Despite the plea agreement, defendant next contends his aggregate twenty-one-year NERA sentence is excessive. Defendant argues the sentencing judge should have found mitigating factor four, that there were substantial grounds tending to excuse or justify the defendant's conduct, though failing to establish a defense, N.J.S.A. 2C:44-1(b)(4). This argument requires little discussion.
Sentencing determinations are reviewed on appeal with a highly deferential standard. State v. Fuentes, 217 N.J. 57, 70 (2014).

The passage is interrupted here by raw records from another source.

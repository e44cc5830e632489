// An answer line, put together in a lent space: each call adds some text from a place on and
// answers the place after it. What does not fit is lost, and no answer is that long. A part of the
// test tool `rehearsal`.
#![tactic(auto)]

// A word as it is.
pub fn text(out: &mut [u8], at: usize, words: &[u8]) -> usize {
    lent::lay_at(words, out, at);
    std::num::wrapping_add_usize(at, words.len())
}

// A number in decimal.
pub fn number(out: &mut [u8], at: usize, n: u64) -> usize {
    let mut digits = [0u8; 20];
    let k = io::decimal(n, &mut digits);
    text(out, at, &digits[..k])
}

// A field: ` name=` and a number.
pub fn field(out: &mut [u8], at: usize, name: &[u8], n: u64) -> usize {
    let next = text(out, at, name);
    number(out, next, n)
}

// A comma between the entries of a list that starts at `from`.
pub fn comma(out: &mut [u8], from: usize, at: usize) -> usize {
    if at == from {
        return at;
    }
    text(out, at, b",")
}

// Bytes in hex, `-` for none.
pub fn hex(out: &mut [u8], at: usize, bytes: &[u8]) -> usize {
    if bytes.len() == 0 {
        return text(out, at, b"-");
    }
    let mut to = at;
    for byte in bytes {
        to = pair(out, to, *byte);
    }
    to
}

fn pair(out: &mut [u8], at: usize, byte: u8) -> usize {
    text(out, at, &[nibble(byte / 16), nibble(byte % 16)])
}

fn nibble(d: u8) -> u8 {
    let low = d % 16;
    if low < 10 {
        b'0' + low
    } else {
        b'a' - 10 + low
    }
}

// ` buf=` and the whole lent buffer.
pub fn buffer(out: &mut [u8], at: usize, bytes: &[u8]) -> usize {
    let next = text(out, at, b" buf=");
    hex(out, next, bytes)
}

pub fn ok(out: &mut [u8]) -> usize {
    text(out, 0, b"ok")
}

// A whole answer by its form, with the next number for each `#`.
pub fn form(out: &mut [u8], form: &[u8], numbers: &[u64]) -> usize {
    let mut at = 0;
    let mut left = numbers.iter();
    for byte in form {
        if *byte == b'#' {
            if let Some(n) = left.next() {
                at = number(out, at, *n);
            }
        } else {
            at = text(out, at, &[*byte]);
        }
    }
    at
}

pub fn refused(out: &mut [u8], n: u8) -> usize {
    field(out, 0, b"no ", n as u64)
}

// A refusal with the place that comes with number 3.
pub fn refused_at(out: &mut [u8], n: u8, place: usize) -> usize {
    let at = refused(out, n);
    if n == 3 {
        return field(out, at, b" place=", place as u64);
    }
    at
}

// A refusal with the count of addresses that comes with those of opening.
pub fn refused_count(out: &mut [u8], n: u8, count: u8) -> usize {
    let at = refused(out, n);
    field(out, at, b" count=", count as u64)
}

pub fn bad_line(out: &mut [u8]) -> usize {
    text(out, 0, b"bad line")
}
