// The Diameter header: its constants, its flag questions, and reading it alone.
// This crate knows the header's 20 bytes, and nothing of AVPs.
#![tactic(auto)]

ghost use Rattle.std.specs.Prelude.{◌≡◌, not, ◌≤◌, length, eqb};
ghost use Rattle.flags.specs.Flags.{bit, flag, non_zero_reserved};
ghost use Rattle.rfc6733.specs.Header.{request_bit, proxiable_bit, error_bit, retransmitted_bit, header_reserved, header_size, header_of, avps_length};
ghost use Rattle.rfc6733.specs.Decoder.{header_alone};
ghost use Rattle.header.specs.Parsed.{header_as, answer_of};

use flags::ErrorFlags;
use octets::at_hand;
use refusal::Refusal;

#[derive(Clone, Copy, Debug, PartialEq, Eq)]
pub struct Header {
    pub version: u8,
    /// Actually u24
    pub length: u32,
    pub flags: u8,
    /// Actually u24
    pub code: u32,
    pub app_id: u32,
    pub hop_id: u32,
    pub end_id: u32,
}

/// A header that was accepted, with its own error flags.
#[derive(Clone, Copy, Debug, PartialEq, Eq)]
pub struct Parsed {
    pub header: Header,
    pub errors: u8,
}

impl Header {
    pub const VERSION: u8 = 1;

    pub const SIZE: usize = 20;

    // Number of bytes included in length that are before and
    // including the length field
    pub const PRE_LENGTH_SIZE: usize = 4;

    pub const REQUEST_FLAG: u8 = 0b1000_0000;

    pub const PROXIABLE_FLAG: u8 = 0b0100_0000;

    pub const ERROR_FLAG: u8 = 0b0010_0000;

    pub const POTENTIALLY_RETRANSMITTED_FLAG: u8 = 0b0001_0000;

    pub const RESERVED_MASK: u8 = 0b0000_1111;

    fn reserved_set(flags: u8) -> bool
        ensures { result ≡ not (eqb (header_reserved flags) 0) }
    {
        flags & Self::RESERVED_MASK != 0
    }

    /// If set, the message is a request. If cleared, the message is an answer.
    pub fn is_request(self) -> bool
        ensures { result ≡ bit request_bit self.flags }
    {
        self.flags & Self::REQUEST_FLAG != 0
    }

    /// If set, the message MAY be proxied, relayed, or redirected. If cleared, the message MUST be locally processed.
    pub fn is_proxiable(self) -> bool
        ensures { result ≡ bit proxiable_bit self.flags }
    {
        self.flags & Self::PROXIABLE_FLAG != 0
    }

    /// If set, the message contains a protocol error, and the message will not conform to the CCF described for this command.
    pub fn is_error(self) -> bool
        ensures { result ≡ bit error_bit self.flags }
    {
        self.flags & Self::ERROR_FLAG != 0
    }

    /// This flag is set after a link failover procedure, to aid the removal of duplicate requests.
    pub fn is_potentially_retransmitted(self) -> bool
        ensures { result ≡ bit retransmitted_bit self.flags }
    {
        self.flags & Self::POTENTIALLY_RETRANSMITTED_FLAG != 0
    }

    /// These flag bits are reserved for future use; they MUST be set to zero and ignored by the receiver.
    pub fn get_reserved(self) -> u8
        ensures { result ≡ header_reserved self.flags }
    {
        self.flags & Self::RESERVED_MASK
    }

    /// Length of AVPs; 0 where the header states a length under its own size.
    pub fn length(self) -> usize
        ensures { result ≡ avps_length self.length }
    {
        let length = self.length as usize;
        if length < Self::SIZE {
            return 0;
        }
        length - Self::SIZE
    }

    // Reserved bits that are set raise a flag, and the header is accepted all the same.
    fn error_flags(flags: u8) -> u8
        ensures { result ≡ flag (not (eqb (header_reserved flags) 0)) non_zero_reserved }
    {
        if Self::reserved_set(flags) {
            return ErrorFlags::NonZeroReserved as u8;
        }
        0
    }

    // RFC 6733, section 3.
    fn fields(input: &[u8]) -> Header
        requires { header_size ≤ length input.now }
        ensures { header_as result ≡ header_of input.now }
    {
        let version_length = word::be_u32(&input[..4]);
        let flags_code = word::be_u32(&input[4..8]);
        Header {
            version: (version_length / 0x100_0000) as u8,
            length: version_length % 0x100_0000,
            flags: (flags_code / 0x100_0000) as u8,
            code: flags_code % 0x100_0000,
            app_id: word::be_u32(&input[8..12]),
            hop_id: word::be_u32(&input[12..16]),
            end_id: word::be_u32(&input[16..20]),
        }
    }

    /// The header alone, of an input that holds the whole message: the length that it states must be at hand.
    pub fn parse(input: &[u8]) -> Result<Parsed, Refusal>
        ensures { answer_of result ≡ header_alone input.now }
    {
        let available = input.len();
        at_hand::length(1, available)?;
        if input[0] != Self::VERSION {
            return Err(Refusal::NotVersion);
        }
        at_hand::length(Self::PRE_LENGTH_SIZE, available)?;
        let stated = octets::be_u24(input[1], input[2], input[3]) as usize;
        if stated < Self::PRE_LENGTH_SIZE {
            return Err(Refusal::BadLength);
        }
        at_hand::length(stated, available)?;
        if stated < Self::SIZE {
            return Err(Refusal::BadLength);
        }
        let header = Self::fields(input);
        Ok(Parsed {
            header,
            errors: Self::error_flags(header.flags),
        })
    }
}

The appellate court must affirm the sentence unless (1) the sentencing guidelines were violated; (2) the aggravating and mitigating factors found by the sentencing court were not based upon competent and credible evidence in the record; or (3) "the application of the guidelines to the facts of [the] case makes the sentence clearly unreasonable so as to shock the judicial conscience."Once the trial court has balanced the aggravating and mitigating factors set forth in N.J.S.A. 2C:44-1(a) and -1(b), it "may impose a term within the permissible range for the offense." State v. Bieniek, 200 N.J. 601, 608 (2010). See also State v. Case, 220 N.J. 49, 65 (2014) (instructing that appellate courts may not substitute their judgment for that of the sentencing court, provided that the "aggravating and mitigating factors are identified [and] supported by competent, credible evidence in the record").

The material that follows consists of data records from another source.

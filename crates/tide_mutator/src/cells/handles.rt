//! Calls on strong and weak handles.
ghost use Rattle.tide_heap.specs.tide_call.declared.action.Action.TheVariants.{LoadStrong, LoadWeak, StoreStrong, StoreWeak};
ghost use Rattle.tide_mutator.specs.owed.Acting.{HasAnswered, MayAct};

use crate::owed::{Call, show};
use tide_heap::{Heap, HeapShapes, Pass, val_word};
use tide_model::{Reply, Val};

/// Stores a strong handle.
pub fn put_strong<S: HeapShapes>(
    pass: &mut Pass,
    heap: &Heap<S>,
    call: Call,
    at: u16,
    value: Val,
) -> Reply
    requires may { MayAct S.lists heap.now pass.old call (StoreStrong at value) }
    ensures answered { HasAnswered S.lists heap.now call (StoreStrong at value) result pass.old pass.new }
{
    pass.store_strong(heap, u32::from(at), val_word(value), Some(call.op));
    pass.store_call(heap, call.number, None);
    Reply::Done
}

/// Stores a weak handle.
pub fn put_weak<S: HeapShapes>(
    pass: &mut Pass,
    heap: &Heap<S>,
    call: Call,
    at: u16,
    value: Val,
) -> Reply
    requires may { MayAct S.lists heap.now pass.old call (StoreWeak at value) }
    ensures answered { HasAnswered S.lists heap.now call (StoreWeak at value) result pass.old pass.new }
{
    pass.store_weak(heap, u32::from(at), val_word(value), Some(call.op));
    pass.store_call(heap, call.number, None);
    Reply::Done
}

/// Loads a strong handle, and fills a register with what it holds.
pub fn get_strong<S: HeapShapes>(
    pass: &mut Pass,
    heap: &Heap<S>,
    call: Call,
    dst: u8,
    at: u16,
) -> Reply
    requires may { MayAct S.lists heap.now pass.old call (LoadStrong dst at) }
    ensures answered { HasAnswered S.lists heap.now call (LoadStrong dst at) result pass.old pass.new }
{
    let word = pass.load_strong(heap, u32::from(at), Some(call.op));
    show(pass, heap, call.number, dst, word)
}

/// Loads a weak handle, and fills a register with what it holds.
pub fn get_weak<S: HeapShapes>(
    pass: &mut Pass,
    heap: &Heap<S>,
    call: Call,
    dst: u8,
    at: u16,
) -> Reply
    requires may { MayAct S.lists heap.now pass.old call (LoadWeak dst at) }
    ensures answered { HasAnswered S.lists heap.now call (LoadWeak dst at) result pass.old pass.new }
{
    // The cell may be unmarked while a cycle marks, and no barrier is owed: it is live (`RefsAreLive`,
    // tide_model/specs/References.antt), and no running part frees a cell. Its register is stored before the next
    // freeze, where registers are marked from before anything is freed.
    let word = pass.load_weak(heap, u32::from(at), Some(call.op));
    show(pass, heap, call.number, dst, word)
}
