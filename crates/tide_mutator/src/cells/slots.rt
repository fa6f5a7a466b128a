//! Calls on slots of cells.
ghost use Rattle.tide_heap.specs.tide_call.declared.action.Action.TheVariants.{LoadSlot, StoreSlot};
ghost use Rattle.tide_mutator.specs.owed.Acting.{HasAnswered, MayAct};

use crate::owed::{Call, show, write_barrier};
use tide_heap::{Heap, HeapShapes, Pass, val_word};
use tide_model::{Reply, Turnstile, Val};

/// Loads a slot, and fills a register with what it holds.
#[inline(always)]
pub fn get<S: HeapShapes>(
    pass: &mut Pass,
    heap: &Heap<S>,
    call: Call,
    dst: u8,
    cell: u32,
    slot: u8,
) -> Reply
    requires may { MayAct S.lists heap.now pass.old call (LoadSlot dst cell slot) }
    ensures answered { HasAnswered S.lists heap.now call (LoadSlot dst cell slot) result pass.old pass.new }
{
    let word = pass.load_link(heap, cell, slot, Some(call.op));
    show(pass, heap, call.number, dst, word)
}

/// Stores a slot, and pays the barrier of its cell.
#[inline(always)]
pub fn put<S: HeapShapes, T: Turnstile>(
    pass: &mut Pass,
    heap: &Heap<S>,
    turnstile: &T,
    call: Call,
    cell: u32,
    slot: u8,
    value: Val,
) -> Reply
    requires may { MayAct S.lists heap.now pass.old call (StoreSlot cell slot value) }
    ensures answered { HasAnswered S.lists heap.now call (StoreSlot cell slot value) result pass.old pass.new }
{
    let word = val_word(value);
    pass.store_link(heap, cell, slot, word, Some(call.op));
    write_barrier(pass, heap, turnstile, cell, value);
    pass.store_call(heap, call.number, None);
    Reply::Done
}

[Ibid. (quoting State v. Roth, 95 N.J. 334, 364-65 (1984)).]
Here, the judge found aggravating factors three, "[t]he risk that . . . defendant will commit another offense," N.J.S.A. 2C:44-1(a)(3); six, "[t]he extent of the defendant's prior criminal record and the seriousness of the offenses of which he has been convicted," N.J.S.A. 2C:44-1(a)(6); and nine, "[t]he need for deterring the defendant and others from violating the law," N.J.S.A. 2C:44-1(a)(9). The judge found no mitigating factors.
Defendant's pre-sentence report (PSR) indicates he was evaluated in 2003, and "found to be psychologically inaccessible," "bears emotional scars from past traumatic events," and "has emotional disturbances, deep, internalized anxiety and ambivalence relative to love." The PSR also reveals defendant has a history of regular marijuana and alcohol use, and he admitted he was under the influence of both those substances when he committed this offense. However, any possible mitigating factor was indubitably outweighed by the well-supported aggravating factors. Defendant has an extensive juvenile and adult criminal history, including a history of drug-related offenses that threaten and cause serious harm. See State v. Tarver, 272 N.J. Super. 414, 435 (App. Div. 1994).

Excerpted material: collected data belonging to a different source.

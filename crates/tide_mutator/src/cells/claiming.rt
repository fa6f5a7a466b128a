//! Calls on claims.
ghost use Rattle.std.specs.Prelude.{◌≡◌};
ghost use Rattle.tide_heap.specs.tide_call.declared.action.Action.TheVariants.{Claim, Release};
ghost use Rattle.tide_mutator.specs.cells.Claiming.{held_or};
ghost use Rattle.tide_heap.specs.tide_call.Needed.{IsSomeClaim};
ghost use Rattle.tide_mutator.specs.owed.Acting.{HasAnswered, MayAct};

use crate::owed::Call;
use tide_heap::{Heap, HeapShapes, Pass, word_claim};
use tide_model::{Refusal, Reply};

/// Who holds the cell of a claim word refuses the call; where nobody does, it is answered otherwise.
fn held_or(otherwise: Reply, word: u64) -> Reply
    requires { IsSomeClaim word }
    ensures { result ≡ held_or otherwise word }
{
    match word_claim(word) {
        Some(by) => Reply::Refused(Refusal::Held { by }),
        None => otherwise,
    }
}

/// Claims a cell, unless a mutator does or the caller's claims are full.
pub fn claim<S: HeapShapes>(
    pass: &mut Pass,
    heap: &Heap<S>,
    call: Call,
    cell: u32,
    full: bool,
) -> Reply
    requires may { MayAct S.lists heap.now pass.old call (Claim cell full) }
    ensures answered { HasAnswered S.lists heap.now call (Claim cell full) result pass.old pass.new }
{
    if full {
        let word = pass.load_claim(heap, cell, Some(call.op));
        pass.store_call(heap, call.number, None);
        return held_or(Reply::Refused(Refusal::ClaimsFull), word);
    }
    let who = pass.who();
    // Of all that claim the cell one alone exchanges the 0, and each other finds that one's number, which refuses it.
    // From here on the cell's structure, array and elements are the claimer's alone to store (`RunningWordsRead`:
    // `owns`, tide_core/specs/machine/points/SettledWords.antt).
    let word = pass.take_claim(heap, cell, who, Some(call.op));
    pass.store_call(heap, call.number, None);
    held_or(Reply::Done, word)
}

/// Gives a claim back.
pub fn release<S: HeapShapes>(pass: &mut Pass, heap: &Heap<S>, call: Call, cell: u32) -> Reply
    requires may { MayAct S.lists heap.now pass.old call (Release cell) }
    ensures answered { HasAnswered S.lists heap.now call (Release cell) result pass.old pass.new }
{
    pass.release(heap, cell, Some(call.op));
    pass.store_call(heap, call.number, None);
    Reply::Done
}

Defendant was fully aware of his potential exposure; he entered a negotiated plea agreement providing for the very sentence he received, and he confirmed during the plea hearing that he understood the sentence. The sentence is well within the permissible range, is supported by credible evidence in the record, and does not shock the judicial conscience. Accordingly, we discern no abuse of discretion.
Affirmed. I hereby certify that the foregoing is a true copy of the original on file in my office.